++++ DATA SECTION ++++

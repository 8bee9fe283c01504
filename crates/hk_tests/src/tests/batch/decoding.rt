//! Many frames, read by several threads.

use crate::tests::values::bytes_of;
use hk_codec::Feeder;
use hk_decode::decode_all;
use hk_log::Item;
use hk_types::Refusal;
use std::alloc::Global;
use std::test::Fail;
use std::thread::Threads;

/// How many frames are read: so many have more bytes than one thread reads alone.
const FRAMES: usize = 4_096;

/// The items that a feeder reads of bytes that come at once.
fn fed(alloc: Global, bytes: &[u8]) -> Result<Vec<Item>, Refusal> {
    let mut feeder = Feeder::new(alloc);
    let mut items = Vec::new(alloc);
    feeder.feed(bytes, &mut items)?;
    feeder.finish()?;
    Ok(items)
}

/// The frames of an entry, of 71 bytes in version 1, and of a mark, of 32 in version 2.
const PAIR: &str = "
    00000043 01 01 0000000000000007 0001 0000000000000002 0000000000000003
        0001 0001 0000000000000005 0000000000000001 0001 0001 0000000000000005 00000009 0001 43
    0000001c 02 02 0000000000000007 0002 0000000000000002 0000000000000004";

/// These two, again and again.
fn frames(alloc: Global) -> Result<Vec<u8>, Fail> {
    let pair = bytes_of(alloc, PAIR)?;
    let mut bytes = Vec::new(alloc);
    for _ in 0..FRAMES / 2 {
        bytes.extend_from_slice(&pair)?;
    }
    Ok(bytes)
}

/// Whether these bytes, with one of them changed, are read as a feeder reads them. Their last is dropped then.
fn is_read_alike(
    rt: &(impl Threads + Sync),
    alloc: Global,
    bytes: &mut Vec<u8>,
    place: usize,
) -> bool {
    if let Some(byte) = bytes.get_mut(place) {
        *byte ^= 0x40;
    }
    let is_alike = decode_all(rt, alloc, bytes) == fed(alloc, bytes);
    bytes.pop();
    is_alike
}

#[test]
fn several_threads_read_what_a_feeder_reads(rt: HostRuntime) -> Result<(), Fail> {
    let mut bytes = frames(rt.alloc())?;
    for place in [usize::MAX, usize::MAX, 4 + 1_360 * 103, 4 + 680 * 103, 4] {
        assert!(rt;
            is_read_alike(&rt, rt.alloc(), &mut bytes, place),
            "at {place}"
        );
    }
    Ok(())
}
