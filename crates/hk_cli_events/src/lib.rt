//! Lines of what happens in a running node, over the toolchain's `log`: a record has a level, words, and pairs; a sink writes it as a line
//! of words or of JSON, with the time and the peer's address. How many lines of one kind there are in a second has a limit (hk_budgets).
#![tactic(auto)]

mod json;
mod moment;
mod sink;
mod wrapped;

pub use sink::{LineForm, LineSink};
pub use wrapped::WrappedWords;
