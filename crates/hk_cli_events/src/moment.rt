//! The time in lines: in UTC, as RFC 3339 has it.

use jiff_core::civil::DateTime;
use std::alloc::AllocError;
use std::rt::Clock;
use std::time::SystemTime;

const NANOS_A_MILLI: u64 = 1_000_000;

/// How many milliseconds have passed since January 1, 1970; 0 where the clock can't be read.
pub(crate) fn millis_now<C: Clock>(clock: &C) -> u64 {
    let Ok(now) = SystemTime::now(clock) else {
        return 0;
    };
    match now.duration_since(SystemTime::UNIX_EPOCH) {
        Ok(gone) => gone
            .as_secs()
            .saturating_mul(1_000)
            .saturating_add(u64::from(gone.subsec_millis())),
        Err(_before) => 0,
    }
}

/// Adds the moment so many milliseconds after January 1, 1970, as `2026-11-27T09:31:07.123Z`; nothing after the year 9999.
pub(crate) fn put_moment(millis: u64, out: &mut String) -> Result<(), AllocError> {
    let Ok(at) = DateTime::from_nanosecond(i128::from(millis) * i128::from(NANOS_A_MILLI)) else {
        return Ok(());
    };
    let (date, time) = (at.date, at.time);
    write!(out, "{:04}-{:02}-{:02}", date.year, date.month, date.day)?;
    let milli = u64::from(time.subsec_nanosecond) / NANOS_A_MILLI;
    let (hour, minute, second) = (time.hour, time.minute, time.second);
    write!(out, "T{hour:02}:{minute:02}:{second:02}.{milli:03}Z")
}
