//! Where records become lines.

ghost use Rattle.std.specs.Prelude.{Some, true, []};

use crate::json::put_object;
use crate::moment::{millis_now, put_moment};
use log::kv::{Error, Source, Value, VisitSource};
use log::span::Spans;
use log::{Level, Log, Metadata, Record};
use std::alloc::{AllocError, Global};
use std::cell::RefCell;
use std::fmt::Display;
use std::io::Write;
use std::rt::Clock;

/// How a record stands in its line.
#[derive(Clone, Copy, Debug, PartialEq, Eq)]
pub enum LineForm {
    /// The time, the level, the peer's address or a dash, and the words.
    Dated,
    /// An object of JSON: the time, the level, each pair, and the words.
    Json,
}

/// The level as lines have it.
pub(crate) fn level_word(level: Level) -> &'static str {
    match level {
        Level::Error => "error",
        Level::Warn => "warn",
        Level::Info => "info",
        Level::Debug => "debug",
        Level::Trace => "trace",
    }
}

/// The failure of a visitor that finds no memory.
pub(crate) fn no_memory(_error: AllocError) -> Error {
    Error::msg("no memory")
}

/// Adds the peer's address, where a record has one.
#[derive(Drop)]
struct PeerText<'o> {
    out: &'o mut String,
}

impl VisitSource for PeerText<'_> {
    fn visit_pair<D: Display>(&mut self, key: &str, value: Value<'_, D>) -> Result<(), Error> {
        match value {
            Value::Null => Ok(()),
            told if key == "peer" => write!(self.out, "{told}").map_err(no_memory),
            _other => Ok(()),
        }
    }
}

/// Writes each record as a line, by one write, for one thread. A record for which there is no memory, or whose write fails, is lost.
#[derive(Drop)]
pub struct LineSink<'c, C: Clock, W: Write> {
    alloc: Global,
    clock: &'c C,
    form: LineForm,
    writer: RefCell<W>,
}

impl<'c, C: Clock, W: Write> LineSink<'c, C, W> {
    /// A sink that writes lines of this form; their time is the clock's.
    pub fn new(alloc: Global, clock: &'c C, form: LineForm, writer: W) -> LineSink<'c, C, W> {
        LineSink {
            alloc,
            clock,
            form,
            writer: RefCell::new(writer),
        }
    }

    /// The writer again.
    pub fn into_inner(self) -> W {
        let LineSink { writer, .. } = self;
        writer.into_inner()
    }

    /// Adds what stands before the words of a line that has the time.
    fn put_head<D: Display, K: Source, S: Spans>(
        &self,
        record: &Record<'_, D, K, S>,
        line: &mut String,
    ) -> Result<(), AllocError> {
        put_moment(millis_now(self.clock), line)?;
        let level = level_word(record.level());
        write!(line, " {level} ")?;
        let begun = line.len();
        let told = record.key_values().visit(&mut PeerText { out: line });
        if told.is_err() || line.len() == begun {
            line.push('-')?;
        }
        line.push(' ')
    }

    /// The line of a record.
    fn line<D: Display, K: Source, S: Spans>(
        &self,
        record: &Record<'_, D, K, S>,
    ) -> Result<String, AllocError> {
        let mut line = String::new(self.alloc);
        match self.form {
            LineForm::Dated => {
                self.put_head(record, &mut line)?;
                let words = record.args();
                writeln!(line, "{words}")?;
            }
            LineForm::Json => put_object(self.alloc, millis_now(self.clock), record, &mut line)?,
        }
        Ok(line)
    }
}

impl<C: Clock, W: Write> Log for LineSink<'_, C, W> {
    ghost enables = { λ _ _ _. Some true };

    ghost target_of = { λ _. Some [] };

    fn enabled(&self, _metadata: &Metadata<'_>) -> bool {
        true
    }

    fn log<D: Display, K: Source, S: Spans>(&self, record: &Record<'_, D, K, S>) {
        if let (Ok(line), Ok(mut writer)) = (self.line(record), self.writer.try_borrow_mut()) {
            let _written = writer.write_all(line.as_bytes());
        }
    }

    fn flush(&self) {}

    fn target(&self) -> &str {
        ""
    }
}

++++
++++ DATA SECTION ++++

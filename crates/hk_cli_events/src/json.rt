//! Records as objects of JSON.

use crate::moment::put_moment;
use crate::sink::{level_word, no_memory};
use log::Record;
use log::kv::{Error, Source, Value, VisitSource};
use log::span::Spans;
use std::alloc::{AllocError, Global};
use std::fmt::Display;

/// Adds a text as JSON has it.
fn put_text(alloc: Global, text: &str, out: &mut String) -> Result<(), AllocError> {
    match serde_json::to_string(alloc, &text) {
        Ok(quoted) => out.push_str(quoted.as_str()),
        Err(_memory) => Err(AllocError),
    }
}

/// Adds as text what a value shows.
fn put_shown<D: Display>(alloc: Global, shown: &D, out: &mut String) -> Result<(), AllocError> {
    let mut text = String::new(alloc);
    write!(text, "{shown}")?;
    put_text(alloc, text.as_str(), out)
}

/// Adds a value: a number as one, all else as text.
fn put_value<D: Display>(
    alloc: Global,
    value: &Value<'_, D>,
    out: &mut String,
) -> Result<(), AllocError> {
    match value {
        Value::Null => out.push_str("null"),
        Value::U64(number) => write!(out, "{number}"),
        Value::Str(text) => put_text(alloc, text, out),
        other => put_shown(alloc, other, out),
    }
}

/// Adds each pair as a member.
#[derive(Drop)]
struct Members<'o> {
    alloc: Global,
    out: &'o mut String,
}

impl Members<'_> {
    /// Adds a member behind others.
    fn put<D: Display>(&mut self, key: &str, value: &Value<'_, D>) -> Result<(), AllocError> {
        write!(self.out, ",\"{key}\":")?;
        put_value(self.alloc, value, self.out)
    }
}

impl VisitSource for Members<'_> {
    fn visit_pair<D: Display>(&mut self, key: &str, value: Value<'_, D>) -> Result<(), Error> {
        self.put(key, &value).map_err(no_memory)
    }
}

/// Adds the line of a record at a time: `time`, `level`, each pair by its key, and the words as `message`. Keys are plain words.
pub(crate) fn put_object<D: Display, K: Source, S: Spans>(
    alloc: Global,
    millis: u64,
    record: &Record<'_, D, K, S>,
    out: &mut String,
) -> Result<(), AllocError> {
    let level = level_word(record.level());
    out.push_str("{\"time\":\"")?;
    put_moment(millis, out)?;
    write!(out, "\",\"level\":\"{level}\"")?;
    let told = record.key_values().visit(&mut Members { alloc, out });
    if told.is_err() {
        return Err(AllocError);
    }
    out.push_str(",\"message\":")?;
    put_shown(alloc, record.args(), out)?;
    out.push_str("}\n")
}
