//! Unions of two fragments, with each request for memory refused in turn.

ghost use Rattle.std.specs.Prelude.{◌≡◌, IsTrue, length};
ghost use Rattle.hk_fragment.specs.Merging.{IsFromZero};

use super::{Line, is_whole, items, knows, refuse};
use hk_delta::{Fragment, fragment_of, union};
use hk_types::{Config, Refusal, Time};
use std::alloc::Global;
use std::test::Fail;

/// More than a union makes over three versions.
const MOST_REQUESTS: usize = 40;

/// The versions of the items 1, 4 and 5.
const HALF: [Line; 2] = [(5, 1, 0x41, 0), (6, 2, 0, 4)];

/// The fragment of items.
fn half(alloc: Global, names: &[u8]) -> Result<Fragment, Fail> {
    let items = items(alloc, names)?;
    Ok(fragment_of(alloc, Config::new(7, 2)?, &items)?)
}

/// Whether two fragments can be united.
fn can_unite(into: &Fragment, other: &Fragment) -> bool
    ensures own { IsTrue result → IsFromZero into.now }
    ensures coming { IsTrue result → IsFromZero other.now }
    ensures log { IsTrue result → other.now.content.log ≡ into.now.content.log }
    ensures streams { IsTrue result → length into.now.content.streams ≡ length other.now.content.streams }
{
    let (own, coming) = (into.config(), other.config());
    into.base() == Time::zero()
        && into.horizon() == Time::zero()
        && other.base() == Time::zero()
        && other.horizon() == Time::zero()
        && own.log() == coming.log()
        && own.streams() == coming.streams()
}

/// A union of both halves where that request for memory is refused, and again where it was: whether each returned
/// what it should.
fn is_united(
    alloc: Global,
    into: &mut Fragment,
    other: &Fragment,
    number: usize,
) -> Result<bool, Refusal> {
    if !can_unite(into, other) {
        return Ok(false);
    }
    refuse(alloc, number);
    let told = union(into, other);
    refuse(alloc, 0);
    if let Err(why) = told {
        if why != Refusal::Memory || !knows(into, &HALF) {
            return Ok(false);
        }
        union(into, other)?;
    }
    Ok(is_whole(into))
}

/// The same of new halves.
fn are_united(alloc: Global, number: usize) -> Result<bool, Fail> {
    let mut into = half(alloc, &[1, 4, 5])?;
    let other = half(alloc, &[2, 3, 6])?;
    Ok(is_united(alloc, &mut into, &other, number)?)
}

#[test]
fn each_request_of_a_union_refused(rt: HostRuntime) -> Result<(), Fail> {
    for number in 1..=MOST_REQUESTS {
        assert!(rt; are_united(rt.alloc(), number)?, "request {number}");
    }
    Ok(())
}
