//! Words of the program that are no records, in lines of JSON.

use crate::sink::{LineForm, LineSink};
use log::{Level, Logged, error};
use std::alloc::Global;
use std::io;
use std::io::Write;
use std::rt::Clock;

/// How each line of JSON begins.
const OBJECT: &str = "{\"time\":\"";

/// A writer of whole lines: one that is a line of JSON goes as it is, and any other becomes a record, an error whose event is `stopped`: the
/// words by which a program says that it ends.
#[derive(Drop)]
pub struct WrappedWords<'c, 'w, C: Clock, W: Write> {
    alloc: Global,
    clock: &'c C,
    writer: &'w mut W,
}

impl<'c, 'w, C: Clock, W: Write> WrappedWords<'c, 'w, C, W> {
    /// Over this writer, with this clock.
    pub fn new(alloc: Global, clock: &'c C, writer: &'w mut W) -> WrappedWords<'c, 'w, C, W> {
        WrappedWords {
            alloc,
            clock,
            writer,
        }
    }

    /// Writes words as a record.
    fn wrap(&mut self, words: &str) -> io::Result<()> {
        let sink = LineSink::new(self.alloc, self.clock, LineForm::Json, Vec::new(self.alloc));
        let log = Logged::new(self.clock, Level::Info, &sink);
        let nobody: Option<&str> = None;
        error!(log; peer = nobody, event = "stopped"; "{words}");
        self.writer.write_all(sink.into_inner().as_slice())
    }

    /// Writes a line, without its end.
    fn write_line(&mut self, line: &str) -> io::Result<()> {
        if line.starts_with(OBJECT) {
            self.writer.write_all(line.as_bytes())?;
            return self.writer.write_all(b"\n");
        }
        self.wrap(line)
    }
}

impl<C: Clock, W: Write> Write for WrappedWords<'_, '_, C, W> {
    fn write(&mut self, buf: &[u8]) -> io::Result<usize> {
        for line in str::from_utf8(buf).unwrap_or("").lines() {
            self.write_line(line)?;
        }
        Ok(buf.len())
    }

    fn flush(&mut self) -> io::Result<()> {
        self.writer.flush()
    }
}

++++
++++ DATA SECTION ++++

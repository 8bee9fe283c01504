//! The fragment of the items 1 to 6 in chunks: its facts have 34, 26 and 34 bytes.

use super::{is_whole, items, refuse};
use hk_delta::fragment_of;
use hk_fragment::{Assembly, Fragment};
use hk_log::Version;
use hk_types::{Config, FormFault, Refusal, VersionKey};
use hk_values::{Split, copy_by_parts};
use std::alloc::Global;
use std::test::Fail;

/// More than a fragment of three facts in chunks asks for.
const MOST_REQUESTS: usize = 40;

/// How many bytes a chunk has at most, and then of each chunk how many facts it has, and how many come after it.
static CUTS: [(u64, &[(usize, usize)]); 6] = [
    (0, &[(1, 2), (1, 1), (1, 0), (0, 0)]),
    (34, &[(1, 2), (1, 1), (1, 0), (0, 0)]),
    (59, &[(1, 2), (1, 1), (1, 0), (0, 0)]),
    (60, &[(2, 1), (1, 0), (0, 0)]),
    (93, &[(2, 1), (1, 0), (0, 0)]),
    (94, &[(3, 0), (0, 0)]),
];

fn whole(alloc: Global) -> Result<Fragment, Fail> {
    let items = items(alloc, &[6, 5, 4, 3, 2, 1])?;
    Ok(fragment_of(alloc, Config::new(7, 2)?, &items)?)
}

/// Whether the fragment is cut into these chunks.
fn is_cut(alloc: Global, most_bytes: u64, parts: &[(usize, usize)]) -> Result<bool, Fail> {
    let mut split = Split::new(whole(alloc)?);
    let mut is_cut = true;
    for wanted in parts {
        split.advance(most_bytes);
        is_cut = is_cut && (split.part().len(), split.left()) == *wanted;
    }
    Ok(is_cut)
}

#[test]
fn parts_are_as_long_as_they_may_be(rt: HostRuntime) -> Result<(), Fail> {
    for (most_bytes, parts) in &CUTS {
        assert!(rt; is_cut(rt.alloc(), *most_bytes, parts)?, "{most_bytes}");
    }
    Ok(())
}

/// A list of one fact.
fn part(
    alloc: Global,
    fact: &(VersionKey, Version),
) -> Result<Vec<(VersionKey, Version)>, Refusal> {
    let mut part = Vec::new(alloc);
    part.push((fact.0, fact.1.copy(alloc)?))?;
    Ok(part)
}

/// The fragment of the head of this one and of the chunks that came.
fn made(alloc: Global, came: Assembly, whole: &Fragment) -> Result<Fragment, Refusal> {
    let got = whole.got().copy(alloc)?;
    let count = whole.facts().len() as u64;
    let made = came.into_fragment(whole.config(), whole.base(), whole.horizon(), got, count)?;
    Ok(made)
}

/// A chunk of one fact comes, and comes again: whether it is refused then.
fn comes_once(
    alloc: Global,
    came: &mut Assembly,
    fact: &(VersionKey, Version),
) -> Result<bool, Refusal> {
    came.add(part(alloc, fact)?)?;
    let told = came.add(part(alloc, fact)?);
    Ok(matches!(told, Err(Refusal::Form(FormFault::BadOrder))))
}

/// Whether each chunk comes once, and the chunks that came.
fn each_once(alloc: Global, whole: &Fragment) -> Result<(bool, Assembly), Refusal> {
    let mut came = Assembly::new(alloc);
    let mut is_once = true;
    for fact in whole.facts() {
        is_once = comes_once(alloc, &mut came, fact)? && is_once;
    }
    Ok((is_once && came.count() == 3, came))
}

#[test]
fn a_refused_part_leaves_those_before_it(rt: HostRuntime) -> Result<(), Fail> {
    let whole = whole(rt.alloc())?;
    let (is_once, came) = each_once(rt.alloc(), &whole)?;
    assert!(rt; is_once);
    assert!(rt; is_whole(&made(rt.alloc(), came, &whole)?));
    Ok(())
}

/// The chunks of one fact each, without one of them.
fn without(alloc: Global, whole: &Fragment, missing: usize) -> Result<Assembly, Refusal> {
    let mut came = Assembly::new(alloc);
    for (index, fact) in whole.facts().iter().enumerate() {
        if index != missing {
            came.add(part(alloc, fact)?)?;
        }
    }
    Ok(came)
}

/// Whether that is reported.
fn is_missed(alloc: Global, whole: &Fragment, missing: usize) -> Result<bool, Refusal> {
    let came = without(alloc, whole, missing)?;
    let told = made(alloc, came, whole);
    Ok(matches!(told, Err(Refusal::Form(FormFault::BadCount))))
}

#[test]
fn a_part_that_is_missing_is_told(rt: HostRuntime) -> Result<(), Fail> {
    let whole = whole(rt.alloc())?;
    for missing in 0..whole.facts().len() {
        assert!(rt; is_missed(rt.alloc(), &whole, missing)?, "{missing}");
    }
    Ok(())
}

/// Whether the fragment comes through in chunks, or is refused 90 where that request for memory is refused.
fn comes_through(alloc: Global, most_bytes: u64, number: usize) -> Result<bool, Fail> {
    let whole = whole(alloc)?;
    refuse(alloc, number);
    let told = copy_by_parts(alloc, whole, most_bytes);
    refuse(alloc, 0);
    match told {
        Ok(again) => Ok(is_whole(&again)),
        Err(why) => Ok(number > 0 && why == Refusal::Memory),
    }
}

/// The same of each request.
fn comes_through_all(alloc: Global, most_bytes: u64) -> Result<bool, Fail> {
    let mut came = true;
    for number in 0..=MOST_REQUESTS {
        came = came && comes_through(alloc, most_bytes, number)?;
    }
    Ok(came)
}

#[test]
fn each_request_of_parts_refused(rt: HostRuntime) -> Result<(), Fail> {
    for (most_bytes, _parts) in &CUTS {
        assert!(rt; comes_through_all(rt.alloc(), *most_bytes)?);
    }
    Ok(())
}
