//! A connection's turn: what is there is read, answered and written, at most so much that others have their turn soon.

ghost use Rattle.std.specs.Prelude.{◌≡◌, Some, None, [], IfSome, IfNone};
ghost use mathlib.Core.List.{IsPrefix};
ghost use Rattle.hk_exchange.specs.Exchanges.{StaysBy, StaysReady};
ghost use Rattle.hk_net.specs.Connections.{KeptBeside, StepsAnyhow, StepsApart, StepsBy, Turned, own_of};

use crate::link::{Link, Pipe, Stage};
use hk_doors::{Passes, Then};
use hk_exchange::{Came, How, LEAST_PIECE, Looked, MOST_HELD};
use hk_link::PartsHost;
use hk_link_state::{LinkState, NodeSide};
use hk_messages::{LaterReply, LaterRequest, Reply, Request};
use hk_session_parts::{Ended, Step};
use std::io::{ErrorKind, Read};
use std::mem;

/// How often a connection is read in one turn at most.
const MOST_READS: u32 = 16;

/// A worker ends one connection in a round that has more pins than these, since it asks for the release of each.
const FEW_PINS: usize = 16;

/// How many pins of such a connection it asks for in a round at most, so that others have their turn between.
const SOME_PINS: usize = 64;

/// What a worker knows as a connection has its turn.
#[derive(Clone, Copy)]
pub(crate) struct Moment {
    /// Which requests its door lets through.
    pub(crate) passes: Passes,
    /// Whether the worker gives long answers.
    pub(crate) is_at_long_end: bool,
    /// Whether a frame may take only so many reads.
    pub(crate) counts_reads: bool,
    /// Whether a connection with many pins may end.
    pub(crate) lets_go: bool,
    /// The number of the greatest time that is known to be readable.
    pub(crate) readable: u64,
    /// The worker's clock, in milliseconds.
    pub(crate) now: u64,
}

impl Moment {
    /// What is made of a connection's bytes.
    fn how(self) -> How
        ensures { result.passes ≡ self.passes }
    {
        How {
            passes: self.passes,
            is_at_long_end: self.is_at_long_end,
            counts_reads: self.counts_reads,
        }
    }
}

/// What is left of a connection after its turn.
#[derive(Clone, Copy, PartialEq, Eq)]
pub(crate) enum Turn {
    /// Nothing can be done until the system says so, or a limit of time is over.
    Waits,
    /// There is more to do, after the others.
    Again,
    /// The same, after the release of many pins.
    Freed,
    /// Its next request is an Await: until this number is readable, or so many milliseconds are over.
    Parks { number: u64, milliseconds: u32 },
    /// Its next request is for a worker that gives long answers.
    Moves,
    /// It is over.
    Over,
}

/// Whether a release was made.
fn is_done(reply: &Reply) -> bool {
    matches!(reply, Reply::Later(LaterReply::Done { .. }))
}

++++

WORK TO COMPLETE: Set down, from the entries above, exactly the lines from the one with "fn are_united(alloc: Global, number: usize)" up to and including the one with "A writer of", and no other lines.

WRITTEN SOLUTION:
fn are_united(alloc: Global, number: usize) -> Result<bool, Fail> {
    let mut into = half(alloc, &[1, 4, 5])?;
    let other = half(alloc, &[2, 3, 6])?;
    Ok(is_united(alloc, &mut into, &other, number)?)
}

#[test]
fn each_request_of_a_union_refused(rt: HostRuntime) -> Result<(), Fail> {
    for number in 1..=MOST_REQUESTS {
        assert!(rt; are_united(rt.alloc(), number)?, "request {number}");
    }
    Ok(())
}
//! Words of the program that are no records, in lines of JSON.

use crate::sink::{LineForm, LineSink};
use log::{Level, Logged, error};
use std::alloc::Global;
use std::io;
use std::io::Write;
use std::rt::Clock;

/// How each line of JSON begins.
const OBJECT: &str = "{\"time\":\"";

/// A writer of whole lines: one that is a line of JSON goes as it is, and any other becomes a record, an error whose event is `stopped`: the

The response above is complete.